Users of the looloo iOS app can review any of the places listed in app's place database. Its default setting detects nearby places for the user to review but a search function is available as well, should users decide to submit reviews for places not within their immediate vicinity.

Users provide a star rating of 1 to 5 for places they review. The review may or may not contain additional details such as text or a photo as a complement to the star rating given. All reviews submitted are then available for viewing on the looloo mobile site. The app gives the user the ability to share his or her review on Facebook or Twitter as well.

With each review, users may also send a direct recommendation to their “looloo friends”—fellow app users they follow and that follow them back.

===Explore===

Through the use of iOS devices’ location-based hardware, the looloo iOS application is able to detect a device's location when using the Explore feature and display places in the user's immediate vicinity or in areas users may search for. Places are depicted as pins on a map or in a list, with their corresponding average star ratings. Explore filters may also be applied to identify places nearby, or those that are top-rated, trending, or offering Specials, among others.

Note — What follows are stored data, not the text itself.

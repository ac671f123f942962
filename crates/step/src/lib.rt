// One reference to a list that is kept as entries, in memory that the caller lends: the list step of every counting crate.
// `shift` is the step under LRU, where what is carried always stays at the next place; `place` is the step under LFU and OPT,
// where the larger of two entries stays. Both take any memory, any number of places in use, any limit and any entries.
//
// What is carried down a list ends in one of two ways: it breaks off at the depth of the old entry, whose place the carried
// one takes, or goes on to the end with the entry that is left over.
#![tactic(auto)]

mod shifting;

ghost use Rattle.step.specs.Stepped.{AtPlace, Carrying, Placed, Settled, Stepped};
ghost use Rattle.kept.specs.Entries.{larger, always};
ghost use Rattle.std.specs.Prelude.{◌<◌, length};

use kept::in_use;
use shifting::{find, shift_down};
use std::ops::ControlFlow;

// What a reference answers: the depth at which the old entry stood, or 0; and the places in use after it. 0 is the rules' own
// number for "not in the list": the table of depths is read by it, and C is told it.
#[derive(Clone, Copy, Debug, PartialEq, Eq)]
pub struct Step {
    pub depth: usize,
    pub length: usize,
}

// Carries `first` down the list, to the old entry's place or to the end: each place takes what came from the one above it.
fn carry_all(list: &mut [u32], old: u32, first: u32) -> ControlFlow<usize, u32>
    ensures { Carrying always old first list.old list.new result }
{
    if let Some(i) = find(list, old) {
        shift_down(list, i, first);
        return ControlFlow::Break(i + 1);
    }
    let n = list.len();
    if n == 0 {
        return ControlFlow::Continue(first);
    }
    let last = list[n - 1];
    shift_down(list, n - 1, first);
    ControlFlow::Continue(last)
}

// What is done at a place: the old entry gives it to the carried one; of any other the larger stays, and the smaller is
// carried on.
#[tactic(auto, using(crate::proofs::Walk::higher_is, crate::proofs::Walk::lower_is))]
fn at_place(list: &mut [u32], i: usize, old: u32, carried: u32) -> ControlFlow<usize, u32>
    requires { i < length list.old }
    ensures { AtPlace old carried i list.old list.new result }
{
    let here = list[i];
    if here == old {
        list[i] = carried;
        return ControlFlow::Break(i + 1);
    }
    list[i] = carried.max(here);
    ControlFlow::Continue(carried.min(here))
}

// Carries `first` down the list, to the old entry's place or to the end: at each place the larger entry stays.
fn carry_lower(list: &mut [u32], old: u32, first: u32) -> ControlFlow<usize, u32>
    ensures { Carrying larger old first list.old list.new result }
{
    let mut carried = first;
    for i in 0..list.len() {
        carried = at_place(list, i, old, carried)?;
    }
    ControlFlow::Continue(carried)
}

// A new entry goes to place 1, and the old first entry is carried down the rest.
fn place_first(list: &mut [u32], old: u32, new: u32) -> ControlFlow<usize, u32>
    ensures { Placed larger old new list.old list.new result }
{
    if list.len() == 0 {
        return ControlFlow::Continue(new);
    }
    let first = list[0];
    list[0] = new;
    if first == old {
        return ControlFlow::Break(1);
    }
    match carry_lower(&mut list[1..], old, first) {
        // The sum always fits. With a plain `+` the loop counts by two numbers: LFU over a loop of 100 pages took 60 ns a
        // reference, and 55 so.
        ControlFlow::Break(depth) => ControlFlow::Break(depth.saturating_add(1)),
        ControlFlow::Continue(last) => ControlFlow::Continue(last),
    }
}

// What is left over takes the place behind those in use, if the limit and the memory have one.
fn settle(list: &mut [u32], used: usize, k: usize, carried: ControlFlow<usize, u32>) -> Step
    ensures { Settled used k carried list.old list.new result }
{
    match carried {
        ControlFlow::Continue(last) if used < k && used < list.len() => {
            list[used] = last;
            Step {
                depth: 0,
                length: used + 1,
            }
        }
        ControlFlow::Continue(_) => Step {
            depth: 0,
            length: used,
        },
        ControlFlow::Break(depth) => Step {
            depth,
            length: used,
        },
    }
}

// A reference under LRU to the page of `entry`, in a list of `n` places that may grow to `k`. The memory that C lends is longer
// than the list, so the list is this slice and `n`.
pub fn shift(list: &mut [u32], n: usize, k: usize, entry: u32) -> Step
    ensures { Stepped always k entry entry n list.old list.new result }
{
    let used = in_use(n, list.len());
    let carried = carry_all(&mut list[..used], entry, entry);
    settle(list, used, k, carried)
}

// A reference under LFU or OPT to the page whose entry is `old` and is `new` from now on.
pub fn place(list: &mut [u32], n: usize, k: usize, old: u32, new: u32) -> Step
    ensures { Stepped larger k old new n list.old list.new result }
{
    let used = in_use(n, list.len());
    let carried = place_first(&mut list[..used], old, new);
    settle(list, used, k, carried)
}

Users may view each place's profile page which displays information such as the place's name and address, operating hours and telephone number, average star rating, number of reviews and recommendations, as well as the complete list of all reviews submitted for that place.

Places may also be added to lists for later viewing.

===Specials===

In the 2nd quarter of 2013, looloo launched feature called "looloo Specials"

This allowed partner merchants to extend special offers to looloo app users. These offers are may be redeemed by users upon visiting participating establishments.